■ Assignment: Each line from the opening of the records that follow to the line with "lent slice, and" needs to be written out exactly. Add nothing.

■ Listed entries:
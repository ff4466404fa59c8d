// What a load, a call and a reading answer, and a path, as text: the rest of a line behind what the line is about, with
// its newline. Each function appends its bytes to a text, as those of `text` do, which the programs that print what the calls
// answer make by value; a field has at most eleven bytes. A caller with no room for a text of its own has a lent slice, and
// `lent` puts the same bytes into that.
#![tactic(auto)]

mod granted;
pub mod lent;

ghost use Rattle.std.specs.Prelude.{◌≡◌, ◌+◌, ◌*◌, ◌≤◌, ◌++◌, length};
ghost use Rattle.arrayvec.specs.ArrayVec.{array_vec_len};
ghost use Rattle.area.specs.Refusals.{number, numbered};
ghost use Rattle.answer_lines.specs.Answers.{line_text, refused_text, path_text, answer_text, routed_text, jobs_text, answer_room, loading_text};

pub use crate::granted::Granted;
use crate::granted::{Counted, Route};
use area::Refusal;
use arrayvec::ArrayVec;
use network::Grant;

// A field for each of these numbers, and the newline. The callers put one or two numbers, or words whose room they ask for.
#[tactic(auto, unfolding(crate::specs::Answers::line_text))]
pub fn put_line<const N: usize>(text: &mut ArrayVec<u8, N>, numbers: &[u32])
    requires { array_vec_len text.old + 11 * length numbers.now + 1 ≤ N }
    ensures text { text.new.items ≡ text.old.items ++ line_text numbers.now }
    ensures most { array_vec_len text.new ≤ array_vec_len text.old + 11 * length numbers.now + 1 }
{
    text::put_fields(text, numbers);
    text::put(text, b"\n");
}

// The links of a path that stands in the first of these words: as many as there are links. `history` lends a text with room
// for all of the words, and a `Route` leaves as much.
pub fn put_path<const N: usize>(text: &mut ArrayVec<u8, N>, words: &[u32], links: u32)
    requires { array_vec_len text.old + 11 * length words.now + 1 ≤ N }
    ensures text { text.new.items ≡ text.old.items ++ path_text links words.now }
    ensures most { array_vec_len text.new ≤ array_vec_len text.old + 11 * length words.now + 1 }
{
    put_line(text, &words[..words.len().min(links as usize)]);
}

// 0 and the refusal's number.
fn put_refused<const N: usize>(text: &mut ArrayVec<u8, N>, refusal: Refusal)
    requires { array_vec_len text.old + 23 ≤ N }
    ensures text { text.new.items ≡ text.old.items ++ refused_text (number refusal) }
    ensures most { array_vec_len text.new ≤ array_vec_len text.old + 23 }
{
    put_line(text, &[0, refusal.into()]);
}

// What a call answered: that it is refused, or what it grants. The programs lend room for the longest: a path of 31 links has
// 375 bytes at most, each word that answers a job has 11, and what else is answered has 23.
#[tactic(auto, unfolding(crate::specs::Answers::answer_text))]
pub fn put_answer<T: Granted<N>, const N: usize>(
    text: &mut ArrayVec<u8, N>,
    answer: Result<T, Refusal>,
)
    requires { array_vec_len text.old + answer_room T.room (numbered answer) ≤ N }
    ensures text { text.new.items ≡ text.old.items ++ answer_text T.written (numbered answer) }
    ensures most { array_vec_len text.new ≤ array_vec_len text.old + answer_room T.room (numbered answer) }
{
    match answer {
        Err(refusal) => put_refused(text, refusal),
        Ok(granted) => granted.put(text),
    }
}

// What a quote or an admission answered, with the words of its path buffer. The programs lend room for the 31 words of a
// path, 375 bytes.
#[tactic(auto, unfolding(crate::specs::Answers::answer_text, crate::specs::Answers::routed_text))]
pub fn put_routed<const N: usize>(
    text: &mut ArrayVec<u8, N>,
    answer: Result<Grant, Refusal>,
    path: &[u32],
)
    requires { array_vec_len text.old + 11 * length path.now + 34 ≤ N }
    ensures text { text.new.items ≡ text.old.items ++ routed_text (numbered answer) path.now }
    ensures most { array_vec_len text.new ≤ array_vec_len text.old + 11 * length path.now + 34 }
{
    put_answer(text, answer.map(|grant| Route { grant, path }));
}

// What the call for all jobs answered, with the words that answer them: none where it is refused. `history` lends room for those of
// its jobs.
#[tactic(auto, unfolding(crate::specs::Answers::answer_text, crate::specs::Answers::jobs_text))]
pub fn put_jobs<const N: usize>(
    text: &mut ArrayVec<u8, N>,
    answer: Result<u32, Refusal>,
    words: &[u32],
)
    requires { array_vec_len text.old + 11 * length words.now + 23 ≤ N }
    ensures text { text.new.items ≡ text.old.items ++ jobs_text (numbered answer) words.now }
    ensures most { array_vec_len text.new ≤ array_vec_len text.old + 11 * length words.now + 23 }
{
    put_answer(text, answer.map(|count| Counted { count, words }));
}

// What a load answered, as a line of its own. The programs lend a text of 13 bytes.
#[tactic(auto, unfolding(crate::specs::Answers::loading_text))]
pub fn put_loading<const N: usize>(text: &mut ArrayVec<u8, N>, loading: Result<(), Refusal>)
    requires { array_vec_len text.old + 13 ≤ N }
    ensures text { text.new.items ≡ text.old.items ++ loading_text (numbered loading) }
    ensures most { array_vec_len text.new ≤ array_vec_len text.old + 13 }
{
    match loading {
        Err(refusal) => {
            text::put(text, b"0");
            put_line(text, &[refusal.into()]);
        }
        Ok(()) => text::put(text, b"loaded\n"),
    }
}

■ Task response:
repository ff4466404fa59c8d
// What a load, a call and a reading answer, and a path, as text: the rest of a line behind what the line is about, with
// its newline. Each function appends its bytes to a text, as those of `text` do, which the programs that print what the calls
// answer make by value; a field has at most eleven bytes. A caller with no room for a text of its own has a lent slice, and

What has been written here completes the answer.